• _Exercise requirements_: Where a line below includes the word "IsBytes", copy that line.

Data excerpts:
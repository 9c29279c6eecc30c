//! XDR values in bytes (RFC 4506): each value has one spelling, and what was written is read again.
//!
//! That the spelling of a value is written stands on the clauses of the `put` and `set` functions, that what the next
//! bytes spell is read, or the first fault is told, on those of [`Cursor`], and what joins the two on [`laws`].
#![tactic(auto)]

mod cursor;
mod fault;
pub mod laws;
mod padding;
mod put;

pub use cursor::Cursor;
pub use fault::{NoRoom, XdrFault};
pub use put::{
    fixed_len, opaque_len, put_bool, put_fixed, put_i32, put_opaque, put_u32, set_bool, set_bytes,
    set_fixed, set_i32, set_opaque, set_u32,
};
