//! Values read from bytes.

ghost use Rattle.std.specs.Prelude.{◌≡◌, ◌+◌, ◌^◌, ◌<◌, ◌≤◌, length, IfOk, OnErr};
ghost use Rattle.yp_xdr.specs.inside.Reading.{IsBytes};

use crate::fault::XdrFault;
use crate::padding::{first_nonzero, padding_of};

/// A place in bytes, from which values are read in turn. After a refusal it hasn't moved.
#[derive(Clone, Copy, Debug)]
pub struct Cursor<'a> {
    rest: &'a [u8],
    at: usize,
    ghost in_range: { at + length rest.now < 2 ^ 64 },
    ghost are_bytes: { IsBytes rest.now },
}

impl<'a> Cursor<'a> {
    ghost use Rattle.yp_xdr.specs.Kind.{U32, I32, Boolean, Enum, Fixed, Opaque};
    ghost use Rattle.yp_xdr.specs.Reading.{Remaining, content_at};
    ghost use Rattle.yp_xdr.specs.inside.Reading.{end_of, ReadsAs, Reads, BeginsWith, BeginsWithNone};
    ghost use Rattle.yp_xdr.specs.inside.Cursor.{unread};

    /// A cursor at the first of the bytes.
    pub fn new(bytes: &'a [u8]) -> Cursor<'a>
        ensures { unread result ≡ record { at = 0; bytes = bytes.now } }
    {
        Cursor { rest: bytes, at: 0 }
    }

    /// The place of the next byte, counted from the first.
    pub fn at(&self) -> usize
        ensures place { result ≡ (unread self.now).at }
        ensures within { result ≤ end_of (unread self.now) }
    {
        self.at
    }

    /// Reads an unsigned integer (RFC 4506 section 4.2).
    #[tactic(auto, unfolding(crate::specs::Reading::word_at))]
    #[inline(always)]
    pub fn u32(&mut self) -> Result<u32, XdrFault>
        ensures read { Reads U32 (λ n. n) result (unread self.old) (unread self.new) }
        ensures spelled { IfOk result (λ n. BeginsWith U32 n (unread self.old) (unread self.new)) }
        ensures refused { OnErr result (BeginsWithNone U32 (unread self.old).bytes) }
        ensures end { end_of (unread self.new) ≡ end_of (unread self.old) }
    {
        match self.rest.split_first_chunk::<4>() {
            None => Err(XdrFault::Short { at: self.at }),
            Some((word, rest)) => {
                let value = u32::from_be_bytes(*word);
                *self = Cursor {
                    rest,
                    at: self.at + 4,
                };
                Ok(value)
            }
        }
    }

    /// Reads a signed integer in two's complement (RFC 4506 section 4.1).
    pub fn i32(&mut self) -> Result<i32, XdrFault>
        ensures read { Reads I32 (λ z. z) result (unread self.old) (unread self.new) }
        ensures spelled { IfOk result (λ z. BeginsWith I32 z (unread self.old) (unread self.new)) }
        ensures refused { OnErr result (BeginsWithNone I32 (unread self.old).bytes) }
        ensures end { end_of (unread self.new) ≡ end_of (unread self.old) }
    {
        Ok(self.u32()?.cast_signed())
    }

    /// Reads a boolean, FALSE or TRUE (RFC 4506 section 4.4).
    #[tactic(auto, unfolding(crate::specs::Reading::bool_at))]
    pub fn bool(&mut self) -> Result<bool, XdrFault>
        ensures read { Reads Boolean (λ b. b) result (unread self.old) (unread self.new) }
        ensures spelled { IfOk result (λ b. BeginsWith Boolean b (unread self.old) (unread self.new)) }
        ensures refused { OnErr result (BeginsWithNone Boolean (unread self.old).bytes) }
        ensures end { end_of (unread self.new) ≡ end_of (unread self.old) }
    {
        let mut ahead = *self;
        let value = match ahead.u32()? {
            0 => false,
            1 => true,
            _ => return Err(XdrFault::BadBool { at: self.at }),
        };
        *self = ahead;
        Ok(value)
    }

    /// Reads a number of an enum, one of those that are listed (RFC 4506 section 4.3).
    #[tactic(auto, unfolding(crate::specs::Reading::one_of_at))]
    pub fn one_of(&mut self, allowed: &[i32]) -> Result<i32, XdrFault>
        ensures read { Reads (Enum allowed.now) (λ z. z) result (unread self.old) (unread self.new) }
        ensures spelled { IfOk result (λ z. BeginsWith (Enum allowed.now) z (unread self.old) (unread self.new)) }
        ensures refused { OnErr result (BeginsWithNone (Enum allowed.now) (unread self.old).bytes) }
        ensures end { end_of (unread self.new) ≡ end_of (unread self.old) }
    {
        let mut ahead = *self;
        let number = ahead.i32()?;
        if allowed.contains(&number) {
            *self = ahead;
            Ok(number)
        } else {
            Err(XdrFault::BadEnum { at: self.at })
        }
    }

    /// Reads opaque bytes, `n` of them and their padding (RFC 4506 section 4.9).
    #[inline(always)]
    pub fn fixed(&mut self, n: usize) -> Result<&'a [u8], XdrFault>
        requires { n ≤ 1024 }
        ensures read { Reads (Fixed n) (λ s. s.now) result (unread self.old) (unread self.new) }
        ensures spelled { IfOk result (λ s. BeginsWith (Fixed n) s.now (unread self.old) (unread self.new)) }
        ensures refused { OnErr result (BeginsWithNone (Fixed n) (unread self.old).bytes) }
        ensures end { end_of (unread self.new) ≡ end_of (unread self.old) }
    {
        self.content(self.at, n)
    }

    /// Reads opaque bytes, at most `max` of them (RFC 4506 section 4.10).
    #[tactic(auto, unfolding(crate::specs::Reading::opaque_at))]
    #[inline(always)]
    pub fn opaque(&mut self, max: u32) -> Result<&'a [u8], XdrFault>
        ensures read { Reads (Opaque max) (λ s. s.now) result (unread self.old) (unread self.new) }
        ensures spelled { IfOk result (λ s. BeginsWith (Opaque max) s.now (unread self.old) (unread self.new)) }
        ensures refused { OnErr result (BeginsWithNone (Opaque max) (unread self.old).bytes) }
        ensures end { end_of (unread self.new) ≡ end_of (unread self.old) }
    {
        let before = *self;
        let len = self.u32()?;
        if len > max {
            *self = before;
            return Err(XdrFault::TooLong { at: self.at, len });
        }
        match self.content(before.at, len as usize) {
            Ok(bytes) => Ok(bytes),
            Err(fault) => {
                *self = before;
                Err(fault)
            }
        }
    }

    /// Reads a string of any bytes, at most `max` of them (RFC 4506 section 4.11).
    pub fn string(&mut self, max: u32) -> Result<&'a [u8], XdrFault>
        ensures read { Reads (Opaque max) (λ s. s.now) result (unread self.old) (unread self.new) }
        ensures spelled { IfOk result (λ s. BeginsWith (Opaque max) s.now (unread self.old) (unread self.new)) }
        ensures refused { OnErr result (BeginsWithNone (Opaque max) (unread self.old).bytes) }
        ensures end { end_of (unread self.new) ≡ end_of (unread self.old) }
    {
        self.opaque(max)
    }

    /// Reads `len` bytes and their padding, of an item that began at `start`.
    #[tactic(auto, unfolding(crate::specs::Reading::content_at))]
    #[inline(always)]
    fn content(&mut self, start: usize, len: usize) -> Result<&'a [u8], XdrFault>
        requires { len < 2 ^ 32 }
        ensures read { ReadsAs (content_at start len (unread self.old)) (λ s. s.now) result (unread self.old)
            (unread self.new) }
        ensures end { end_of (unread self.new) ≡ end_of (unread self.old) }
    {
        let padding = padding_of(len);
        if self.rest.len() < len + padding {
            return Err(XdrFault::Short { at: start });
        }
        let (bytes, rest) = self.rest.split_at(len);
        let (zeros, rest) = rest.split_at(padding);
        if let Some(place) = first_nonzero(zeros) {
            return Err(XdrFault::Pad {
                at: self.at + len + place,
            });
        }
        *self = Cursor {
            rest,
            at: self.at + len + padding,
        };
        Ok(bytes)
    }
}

==

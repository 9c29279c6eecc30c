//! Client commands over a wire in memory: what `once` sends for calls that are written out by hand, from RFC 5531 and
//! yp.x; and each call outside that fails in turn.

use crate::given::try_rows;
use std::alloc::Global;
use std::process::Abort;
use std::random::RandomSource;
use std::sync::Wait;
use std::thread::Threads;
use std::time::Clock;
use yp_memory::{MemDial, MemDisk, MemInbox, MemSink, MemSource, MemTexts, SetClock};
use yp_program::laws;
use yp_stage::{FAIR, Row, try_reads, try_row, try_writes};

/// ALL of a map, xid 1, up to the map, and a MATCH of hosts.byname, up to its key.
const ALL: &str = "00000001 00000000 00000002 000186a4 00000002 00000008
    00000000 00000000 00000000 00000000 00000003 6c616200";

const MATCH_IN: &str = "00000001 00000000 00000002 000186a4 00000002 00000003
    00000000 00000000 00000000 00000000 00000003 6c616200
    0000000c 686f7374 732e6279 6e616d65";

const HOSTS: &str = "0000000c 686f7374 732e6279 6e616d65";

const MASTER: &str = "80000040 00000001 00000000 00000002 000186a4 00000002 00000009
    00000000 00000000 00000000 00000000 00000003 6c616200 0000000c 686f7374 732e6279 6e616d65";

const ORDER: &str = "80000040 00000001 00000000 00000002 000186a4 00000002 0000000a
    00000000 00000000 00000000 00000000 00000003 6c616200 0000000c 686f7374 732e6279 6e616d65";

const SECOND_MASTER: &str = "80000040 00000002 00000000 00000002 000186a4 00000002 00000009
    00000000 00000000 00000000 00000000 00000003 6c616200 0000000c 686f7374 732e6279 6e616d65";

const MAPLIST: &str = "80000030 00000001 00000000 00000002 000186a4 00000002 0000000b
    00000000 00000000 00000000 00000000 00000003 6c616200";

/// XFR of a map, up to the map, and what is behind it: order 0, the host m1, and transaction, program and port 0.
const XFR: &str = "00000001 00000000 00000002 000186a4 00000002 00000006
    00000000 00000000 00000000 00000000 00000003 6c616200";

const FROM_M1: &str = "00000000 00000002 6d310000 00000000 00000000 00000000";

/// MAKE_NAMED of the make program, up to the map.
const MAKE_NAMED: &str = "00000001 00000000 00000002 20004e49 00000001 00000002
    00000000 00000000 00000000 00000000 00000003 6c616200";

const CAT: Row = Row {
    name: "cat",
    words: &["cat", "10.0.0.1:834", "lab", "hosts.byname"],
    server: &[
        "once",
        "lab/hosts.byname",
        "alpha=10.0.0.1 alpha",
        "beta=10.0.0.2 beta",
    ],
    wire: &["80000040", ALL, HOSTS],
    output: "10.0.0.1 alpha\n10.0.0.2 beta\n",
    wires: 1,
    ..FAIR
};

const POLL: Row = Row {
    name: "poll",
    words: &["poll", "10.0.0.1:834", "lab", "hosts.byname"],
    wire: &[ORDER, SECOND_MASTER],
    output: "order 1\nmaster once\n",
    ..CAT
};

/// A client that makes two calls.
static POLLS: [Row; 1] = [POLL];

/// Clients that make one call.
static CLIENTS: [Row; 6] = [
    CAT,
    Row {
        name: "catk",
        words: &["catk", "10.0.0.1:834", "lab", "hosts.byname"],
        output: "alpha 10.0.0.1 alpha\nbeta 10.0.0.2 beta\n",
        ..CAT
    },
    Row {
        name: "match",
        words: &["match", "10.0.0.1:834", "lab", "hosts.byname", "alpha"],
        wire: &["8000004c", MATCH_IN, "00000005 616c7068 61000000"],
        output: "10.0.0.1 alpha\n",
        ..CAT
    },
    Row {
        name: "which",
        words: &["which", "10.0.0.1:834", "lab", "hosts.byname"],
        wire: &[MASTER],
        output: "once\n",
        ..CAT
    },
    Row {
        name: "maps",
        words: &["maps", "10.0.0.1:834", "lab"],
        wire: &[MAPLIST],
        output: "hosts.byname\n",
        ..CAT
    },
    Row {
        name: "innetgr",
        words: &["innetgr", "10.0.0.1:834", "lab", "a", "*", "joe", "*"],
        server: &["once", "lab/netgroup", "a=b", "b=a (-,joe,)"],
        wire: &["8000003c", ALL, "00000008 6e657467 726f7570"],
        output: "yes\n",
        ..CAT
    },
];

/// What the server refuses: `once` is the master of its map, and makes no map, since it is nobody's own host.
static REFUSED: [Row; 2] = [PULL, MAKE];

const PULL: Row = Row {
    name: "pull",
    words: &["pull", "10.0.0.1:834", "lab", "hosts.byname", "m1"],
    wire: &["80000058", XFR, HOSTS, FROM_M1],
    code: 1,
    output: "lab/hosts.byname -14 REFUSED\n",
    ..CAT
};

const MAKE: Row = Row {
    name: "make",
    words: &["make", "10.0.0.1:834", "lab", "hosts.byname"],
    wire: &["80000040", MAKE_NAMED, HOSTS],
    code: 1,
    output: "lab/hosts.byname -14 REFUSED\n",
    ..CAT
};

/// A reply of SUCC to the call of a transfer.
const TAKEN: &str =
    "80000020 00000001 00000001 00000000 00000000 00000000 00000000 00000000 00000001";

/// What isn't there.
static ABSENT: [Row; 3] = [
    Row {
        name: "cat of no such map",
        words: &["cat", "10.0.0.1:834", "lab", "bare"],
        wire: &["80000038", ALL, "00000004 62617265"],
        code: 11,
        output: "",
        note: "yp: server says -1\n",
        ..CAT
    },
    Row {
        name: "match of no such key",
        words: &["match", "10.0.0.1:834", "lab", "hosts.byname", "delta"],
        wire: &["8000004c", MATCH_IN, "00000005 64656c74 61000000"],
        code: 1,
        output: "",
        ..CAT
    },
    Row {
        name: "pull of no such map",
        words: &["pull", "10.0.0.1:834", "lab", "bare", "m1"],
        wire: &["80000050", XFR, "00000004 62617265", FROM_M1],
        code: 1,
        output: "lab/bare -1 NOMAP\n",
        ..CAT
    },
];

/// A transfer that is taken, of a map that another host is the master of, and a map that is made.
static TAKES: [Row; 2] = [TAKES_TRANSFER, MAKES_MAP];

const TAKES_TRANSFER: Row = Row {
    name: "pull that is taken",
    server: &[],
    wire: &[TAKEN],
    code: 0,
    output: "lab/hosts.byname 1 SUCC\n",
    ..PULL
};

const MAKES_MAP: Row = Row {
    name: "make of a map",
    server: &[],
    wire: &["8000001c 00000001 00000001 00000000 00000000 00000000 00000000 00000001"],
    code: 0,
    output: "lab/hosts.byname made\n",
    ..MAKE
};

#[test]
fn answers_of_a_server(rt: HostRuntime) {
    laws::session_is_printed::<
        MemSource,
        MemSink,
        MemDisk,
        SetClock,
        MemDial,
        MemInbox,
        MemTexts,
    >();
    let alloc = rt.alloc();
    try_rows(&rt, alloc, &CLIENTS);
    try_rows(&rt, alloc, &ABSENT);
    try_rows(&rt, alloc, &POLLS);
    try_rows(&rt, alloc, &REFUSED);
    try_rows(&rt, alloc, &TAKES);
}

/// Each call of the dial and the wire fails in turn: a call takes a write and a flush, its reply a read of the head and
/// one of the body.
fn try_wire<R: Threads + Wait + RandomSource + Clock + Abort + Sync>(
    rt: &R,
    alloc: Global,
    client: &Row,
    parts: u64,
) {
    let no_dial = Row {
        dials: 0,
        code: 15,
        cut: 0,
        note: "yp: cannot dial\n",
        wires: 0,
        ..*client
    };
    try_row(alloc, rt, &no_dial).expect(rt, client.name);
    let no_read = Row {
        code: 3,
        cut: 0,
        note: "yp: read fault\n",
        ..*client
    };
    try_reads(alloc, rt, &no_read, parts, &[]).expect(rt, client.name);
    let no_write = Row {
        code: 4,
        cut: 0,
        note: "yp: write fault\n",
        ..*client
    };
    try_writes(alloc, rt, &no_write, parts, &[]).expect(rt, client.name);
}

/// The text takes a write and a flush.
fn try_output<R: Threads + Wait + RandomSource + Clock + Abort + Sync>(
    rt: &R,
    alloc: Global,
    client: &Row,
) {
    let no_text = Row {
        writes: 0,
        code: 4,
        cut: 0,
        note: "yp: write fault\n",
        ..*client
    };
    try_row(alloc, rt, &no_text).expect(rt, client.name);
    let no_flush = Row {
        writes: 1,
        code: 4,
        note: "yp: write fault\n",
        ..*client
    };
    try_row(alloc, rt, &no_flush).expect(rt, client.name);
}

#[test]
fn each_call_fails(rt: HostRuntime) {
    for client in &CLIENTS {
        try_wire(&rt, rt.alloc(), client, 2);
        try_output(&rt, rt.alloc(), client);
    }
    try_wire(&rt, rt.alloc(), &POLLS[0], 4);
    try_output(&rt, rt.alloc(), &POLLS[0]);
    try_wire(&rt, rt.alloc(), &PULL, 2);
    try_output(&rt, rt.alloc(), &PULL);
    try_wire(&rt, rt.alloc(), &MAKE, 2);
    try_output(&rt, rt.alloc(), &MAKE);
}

• _Completed task_:
ghost use Rattle.yp_xdr.specs.inside.Reading.{IsBytes};
    ghost are_bytes: { IsBytes rest.now },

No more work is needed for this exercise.